Assigned task:
Write out the data once more, exactly as it reads.

Saved data entries:
........
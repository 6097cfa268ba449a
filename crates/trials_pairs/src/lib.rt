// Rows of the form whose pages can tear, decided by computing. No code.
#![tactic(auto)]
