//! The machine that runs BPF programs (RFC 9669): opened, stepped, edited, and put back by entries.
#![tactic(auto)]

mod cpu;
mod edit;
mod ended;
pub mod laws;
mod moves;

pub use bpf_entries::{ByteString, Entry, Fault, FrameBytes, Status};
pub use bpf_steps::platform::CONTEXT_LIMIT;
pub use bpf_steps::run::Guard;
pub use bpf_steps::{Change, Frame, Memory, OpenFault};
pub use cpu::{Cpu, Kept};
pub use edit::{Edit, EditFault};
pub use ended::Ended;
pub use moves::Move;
........
Exercise output:
repository 6097cfa268ba449a
filename crates/trials_pairs/src/lib.rt
// Rows of the form whose pages can tear, decided by computing. No code.
#![tactic(auto)]
//! The machine that runs BPF programs (RFC 9669): opened, stepped, edited, and put back by entries.
#![tactic(auto)]

mod cpu;
mod edit;
mod ended;
pub mod laws;
mod moves;

pub use bpf_entries::{ByteString, Entry, Fault, FrameBytes, Status};
pub use bpf_steps::platform::CONTEXT_LIMIT;
pub use bpf_steps::run::Guard;
pub use bpf_steps::{Change, Frame, Memory, OpenFault};
pub use cpu::{Cpu, Kept};
pub use edit::{Edit, EditFault};
pub use ended::Ended;
pub use moves::Move;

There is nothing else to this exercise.